# Exercise requirements
Find the line that contains "self.late.load(Ordering::SeqCst)". Then set down that line and all the lines after it, to the end of the records, exactly and with nothing added.

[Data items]
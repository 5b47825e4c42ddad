//! A gate at which actors wait for one another, so that they pass it only if all of them are at
//! work at once.

use section_workers::{Actor, Gate};
use std::sync::atomic::{AtomicU64, Ordering};
use std::thread;

/// How often an actor looks for the others.
const TURNS: u64 = 10_000_000;

/// Each of five actors waits at its first step for the others, and each of two workers for the
/// other one.
#[derive(Drop)]
pub(crate) struct Meeting {
    actors: AtomicU64,
    first_worker: AtomicU64,
    second_worker: AtomicU64,
    late: AtomicU64,
}

impl Meeting {
    pub(crate) fn new() -> Meeting {
        Meeting {
            actors: AtomicU64::new(0),
            first_worker: AtomicU64::new(0),
            second_worker: AtomicU64::new(0),
            late: AtomicU64::new(0),
        }
    }

    /// Comes to a place, and waits until so many came to another one or the same.
    fn meet(&self, own: &AtomicU64, other: &AtomicU64, all: u64) {
        own.fetch_add(1, Ordering::SeqCst);
        for _ in 0..TURNS {
            if other.load(Ordering::SeqCst) >= all {
                return;
            }
            thread::yield_now();
        }
        self.late.fetch_add(1, Ordering::SeqCst);
    }

    /// How many actors came to their first step.
    pub(crate) fn actors(&self) -> u64 {
        self.actors.load(Ordering::SeqCst)
    }

    /// How often the first worker came, and how often the second.
    pub(crate) fn workers(&self) -> (u64, u64) {
        (
            self.first_worker.load(Ordering::SeqCst),
            self.second_worker.load(Ordering::SeqCst),
        )
    }

    /// How many had to leave before they met the others.
    pub(crate) fn late(&self) -> u64 {
        self.late.load(Ordering::SeqCst)
    }
}

impl Gate for Meeting {
    fn pass(&self, actor: Actor, step: u32) {
        match (actor, step) {
            (Actor::Worker(0), _) => self.meet(&self.first_worker, &self.second_worker, 1),
            (Actor::Worker(_), _) => self.meet(&self.second_worker, &self.first_worker, 1),
            (_, 0) => self.meet(&self.actors, &self.actors, 5),
            _ => {}
        }
    }
}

# Answer space
        self.late.load(Ordering::SeqCst)
    }
}

impl Gate for Meeting {
    fn pass(&self, actor: Actor, step: u32) {
        match (actor, step) {
            (Actor::Worker(0), _) => self.meet(&self.first_worker, &self.second_worker, 1),
            (Actor::Worker(_), _) => self.meet(&self.second_worker, &self.first_worker, 1),
            (_, 0) => self.meet(&self.actors, &self.actors, 5),
            _ => {}
        }
    }
}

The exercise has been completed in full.